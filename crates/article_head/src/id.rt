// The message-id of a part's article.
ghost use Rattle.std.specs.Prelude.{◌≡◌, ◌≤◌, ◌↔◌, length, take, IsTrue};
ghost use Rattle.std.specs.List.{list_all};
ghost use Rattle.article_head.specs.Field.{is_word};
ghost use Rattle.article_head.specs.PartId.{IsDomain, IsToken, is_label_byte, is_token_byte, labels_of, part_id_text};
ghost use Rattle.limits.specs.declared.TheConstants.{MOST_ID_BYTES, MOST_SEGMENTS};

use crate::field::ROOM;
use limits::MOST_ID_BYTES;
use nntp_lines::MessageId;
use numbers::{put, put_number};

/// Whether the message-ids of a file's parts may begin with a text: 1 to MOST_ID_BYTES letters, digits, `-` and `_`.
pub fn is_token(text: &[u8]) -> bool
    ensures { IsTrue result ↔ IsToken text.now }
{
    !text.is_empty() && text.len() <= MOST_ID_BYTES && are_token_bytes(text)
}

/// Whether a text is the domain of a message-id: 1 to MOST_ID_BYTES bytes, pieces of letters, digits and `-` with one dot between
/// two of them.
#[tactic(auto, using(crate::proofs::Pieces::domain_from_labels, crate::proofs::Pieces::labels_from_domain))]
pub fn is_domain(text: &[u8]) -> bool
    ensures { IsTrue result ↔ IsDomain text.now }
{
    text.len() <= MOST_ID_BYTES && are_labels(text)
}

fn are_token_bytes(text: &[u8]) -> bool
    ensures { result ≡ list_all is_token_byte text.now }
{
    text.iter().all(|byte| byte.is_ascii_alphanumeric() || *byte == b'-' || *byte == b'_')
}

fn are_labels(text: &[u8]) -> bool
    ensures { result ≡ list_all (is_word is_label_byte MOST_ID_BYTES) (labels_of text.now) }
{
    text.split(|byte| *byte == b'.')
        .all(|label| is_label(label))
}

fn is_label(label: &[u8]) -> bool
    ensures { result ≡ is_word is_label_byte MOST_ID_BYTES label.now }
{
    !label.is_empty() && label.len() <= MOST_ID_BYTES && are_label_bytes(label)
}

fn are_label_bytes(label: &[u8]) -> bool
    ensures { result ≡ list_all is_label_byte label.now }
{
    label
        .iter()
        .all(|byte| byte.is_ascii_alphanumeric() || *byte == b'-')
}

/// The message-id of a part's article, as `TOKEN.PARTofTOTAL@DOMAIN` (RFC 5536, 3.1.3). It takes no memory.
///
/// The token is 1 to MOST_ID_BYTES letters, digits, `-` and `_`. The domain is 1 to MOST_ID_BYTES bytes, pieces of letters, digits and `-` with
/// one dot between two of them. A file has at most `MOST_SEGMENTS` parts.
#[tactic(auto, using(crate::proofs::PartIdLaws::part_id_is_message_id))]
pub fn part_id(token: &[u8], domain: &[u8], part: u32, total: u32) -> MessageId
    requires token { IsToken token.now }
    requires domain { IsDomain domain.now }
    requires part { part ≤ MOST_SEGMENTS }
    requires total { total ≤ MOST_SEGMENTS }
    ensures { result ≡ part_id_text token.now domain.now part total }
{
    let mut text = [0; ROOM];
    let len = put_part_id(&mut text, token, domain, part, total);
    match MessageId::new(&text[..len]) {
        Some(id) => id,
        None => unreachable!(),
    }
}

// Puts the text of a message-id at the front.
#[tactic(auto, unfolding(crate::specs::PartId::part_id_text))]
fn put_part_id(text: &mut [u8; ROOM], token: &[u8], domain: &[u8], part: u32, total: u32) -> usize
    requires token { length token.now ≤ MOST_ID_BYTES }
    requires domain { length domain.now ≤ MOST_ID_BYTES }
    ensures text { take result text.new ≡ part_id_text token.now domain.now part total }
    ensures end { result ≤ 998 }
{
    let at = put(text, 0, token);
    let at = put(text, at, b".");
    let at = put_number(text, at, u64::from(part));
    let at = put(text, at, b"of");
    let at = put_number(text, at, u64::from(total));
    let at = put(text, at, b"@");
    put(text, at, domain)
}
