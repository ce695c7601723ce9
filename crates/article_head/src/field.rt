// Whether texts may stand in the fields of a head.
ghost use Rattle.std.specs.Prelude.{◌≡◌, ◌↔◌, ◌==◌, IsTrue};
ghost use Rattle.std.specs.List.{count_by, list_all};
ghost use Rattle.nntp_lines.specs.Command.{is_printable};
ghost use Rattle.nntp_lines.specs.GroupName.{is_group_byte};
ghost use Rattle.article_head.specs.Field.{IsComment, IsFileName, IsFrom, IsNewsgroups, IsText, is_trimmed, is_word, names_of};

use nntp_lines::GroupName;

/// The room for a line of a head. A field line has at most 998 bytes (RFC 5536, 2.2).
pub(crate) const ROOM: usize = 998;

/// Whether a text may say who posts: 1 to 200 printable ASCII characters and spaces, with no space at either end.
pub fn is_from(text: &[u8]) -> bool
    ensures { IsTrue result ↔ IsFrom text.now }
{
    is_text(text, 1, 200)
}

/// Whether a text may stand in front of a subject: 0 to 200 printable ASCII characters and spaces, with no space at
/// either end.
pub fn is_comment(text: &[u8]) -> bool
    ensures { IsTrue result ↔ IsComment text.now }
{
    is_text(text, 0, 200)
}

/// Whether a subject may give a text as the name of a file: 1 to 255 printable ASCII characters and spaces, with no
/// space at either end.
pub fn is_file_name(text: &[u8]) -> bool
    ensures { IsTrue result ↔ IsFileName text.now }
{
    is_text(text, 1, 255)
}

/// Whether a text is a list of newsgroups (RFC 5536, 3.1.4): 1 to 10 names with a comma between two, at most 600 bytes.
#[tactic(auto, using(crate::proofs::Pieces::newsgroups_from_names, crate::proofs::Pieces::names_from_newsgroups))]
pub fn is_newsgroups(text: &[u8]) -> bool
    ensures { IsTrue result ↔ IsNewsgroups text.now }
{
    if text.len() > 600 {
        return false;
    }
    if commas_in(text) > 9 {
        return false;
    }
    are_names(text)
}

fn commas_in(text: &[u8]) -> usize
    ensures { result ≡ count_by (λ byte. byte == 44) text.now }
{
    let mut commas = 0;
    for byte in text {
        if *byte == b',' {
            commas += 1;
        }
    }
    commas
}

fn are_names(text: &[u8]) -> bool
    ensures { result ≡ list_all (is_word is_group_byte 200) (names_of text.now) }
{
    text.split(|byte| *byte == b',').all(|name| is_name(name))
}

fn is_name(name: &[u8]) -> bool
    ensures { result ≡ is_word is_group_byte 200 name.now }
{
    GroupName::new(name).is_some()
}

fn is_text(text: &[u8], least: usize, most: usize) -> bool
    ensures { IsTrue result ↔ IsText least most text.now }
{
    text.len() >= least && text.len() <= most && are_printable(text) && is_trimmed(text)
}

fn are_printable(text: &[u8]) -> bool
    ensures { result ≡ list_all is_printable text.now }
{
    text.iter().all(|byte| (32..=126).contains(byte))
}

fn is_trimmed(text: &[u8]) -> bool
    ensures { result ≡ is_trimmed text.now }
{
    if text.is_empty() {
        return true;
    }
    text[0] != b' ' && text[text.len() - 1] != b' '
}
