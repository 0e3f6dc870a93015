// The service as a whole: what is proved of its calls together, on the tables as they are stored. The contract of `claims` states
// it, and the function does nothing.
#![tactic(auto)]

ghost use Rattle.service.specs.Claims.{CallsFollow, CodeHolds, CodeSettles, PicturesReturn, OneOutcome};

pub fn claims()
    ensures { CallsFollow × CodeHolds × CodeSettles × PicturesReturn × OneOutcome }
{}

++++

● Requirement:
All lines of the entries containing the string "usize" must be shown in full.

● Answer space:
fn put_part_id(text: &mut [u8; ROOM], token: &[u8], domain: &[u8], part: u32, total: u32) -> usize
pub(crate) const ROOM: usize = 998;
fn commas_in(text: &[u8]) -> usize
fn is_text(text: &[u8], least: usize, most: usize) -> bool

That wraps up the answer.